> **RECORDED INFORMATION**:

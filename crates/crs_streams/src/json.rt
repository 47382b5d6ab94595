//! Texts and members of objects in JSON (RFC 8259), in one line.
ghost use Rattle.std.specs.Prelude.{◌≡◌, ◌++◌, OnOk};
ghost use Rattle.std.specs.List.{flat_map};
ghost use Rattle.std.specs.Str.{is_utf8};
ghost use Rattle.bstr.specs.Utf8.{lossy_chars};
ghost use Rattle.crs_streams.specs.Json.{json_bytes, json_char, json_string, json_text, json_value, key, number_member, text_member, value_member};

use crate::escape::{append_code, append_hex, is_coded};
use crate::number::append_number;
use bstr::{ByteSlice, ByteVec};
use std::alloc::AllocError;

/// Appends a text as a string, in which a quote and a backslash have a backslash before them, and what steers a
/// terminal, ends a line, changes the direction of a text, shows as a blank or as nothing or composes with the character
/// before it is a code, such as `\u202E`; or, if it isn't UTF-8, as an object with its bytes as two hexadecimal digits
/// each, such as `{"bytes":"FF"}`. `AllocError`: no memory for it.
pub fn append_text(bytes: &[u8], out: &mut Vec<u8>) -> Result<(), AllocError>
    ensures { OnOk result (out.new.items ≡ out.old.items ++ json_text bytes.now) }
{
    if is_utf8(bytes) {
        append_string(bytes, out)
    } else {
        append_bytes(bytes, out)
    }
}

/// The same, or `null` where there are no bytes. `AllocError`: there is no memory for it.
pub fn append_text_or_null(bytes: &[u8], out: &mut Vec<u8>) -> Result<(), AllocError>
    ensures { OnOk result (out.new.items ≡ out.old.items ++ json_value bytes.now) }
{
    if bytes.is_empty() {
        return out.extend_from_slice(b"null");
    }
    append_text(bytes, out)
}

/// Appends the name of a further member of an object, such as `,"name":`. `AllocError`: there is no memory for it.
#[tactic(auto, using(crate::proofs::JsonLemmas::key_appended))]
pub fn append_key(name: &[u8], out: &mut Vec<u8>) -> Result<(), AllocError>
    ensures { OnOk result (out.new.items ≡ out.old.items ++ key name.now) }
{
    out.extend_from_slice(b",\"")?;
    out.extend_from_slice(name)?;
    out.extend_from_slice(b"\":")
}

/// Appends a further member that is a number. `AllocError`: there is no memory for it.
pub fn append_number_member(name: &[u8], number: usize, out: &mut Vec<u8>) -> Result<(), AllocError>
    ensures { OnOk result (out.new.items ≡ out.old.items ++ number_member name.now number) }
{
    append_key(name, out)?;
    append_number(number, out)
}

/// Appends a further member that is a text. `AllocError`: there is no memory for it.
pub fn append_text_member(name: &[u8], text: &[u8], out: &mut Vec<u8>) -> Result<(), AllocError>
    ensures { OnOk result (out.new.items ≡ out.old.items ++ text_member name.now text.now) }
{
    append_key(name, out)?;
    append_text(text, out)
}

/// Appends a further member that is a text, or `null` where there are no bytes. `AllocError`: no memory.
pub fn append_value_member(name: &[u8], text: &[u8], out: &mut Vec<u8>) -> Result<(), AllocError>
    ensures { OnOk result (out.new.items ≡ out.old.items ++ value_member name.now text.now) }
{
    append_key(name, out)?;
    append_text_or_null(text, out)
}

fn is_utf8(bytes: &[u8]) -> bool
    ensures { result ≡ is_utf8 bytes.now }
{
    bytes.is_utf8()
}

fn append_string(bytes: &[u8], out: &mut Vec<u8>) -> Result<(), AllocError>
    ensures { OnOk result (out.new.items ≡ out.old.items ++ json_string bytes.now) }
{
    out.extend_from_slice(b"\"")?;
    append_chars(bytes, out)?;
    out.extend_from_slice(b"\"")
}

fn append_chars(bytes: &[u8], out: &mut Vec<u8>) -> Result<(), AllocError>
    ensures { OnOk result (out.new.items ≡ out.old.items ++ flat_map json_char (lossy_chars bytes.now)) }
{
    for c in bytes.chars() {
        append_char(c, out)?;
    }
    Ok(())
}

fn append_char(c: char, out: &mut Vec<u8>) -> Result<(), AllocError>
    ensures { OnOk result (out.new.items ≡ out.old.items ++ json_char c) }
{
    if c == '"' || c == '\\' {
        out.extend_from_slice(&[b'\\', c as u8])
    } else if c < ' ' || c == '\u{7f}' || is_coded(c) {
        append_code(c as u16, out)
    } else {
        out.push_char(c)
    }
}

fn append_bytes(bytes: &[u8], out: &mut Vec<u8>) -> Result<(), AllocError>
    ensures { OnOk result (out.new.items ≡ out.old.items ++ json_bytes bytes.now) }
{
    out.extend_from_slice(b"{\"bytes\":\"")?;
    for byte in bytes {
        append_hex(*byte, out)?;
    }
    out.extend_from_slice(b"\"}")
}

> **TASK DESCRIPTION**:
This task needs one value: the number of lines in the material above that contain the word "Rattle".

> **TASK RESPONSE**:
5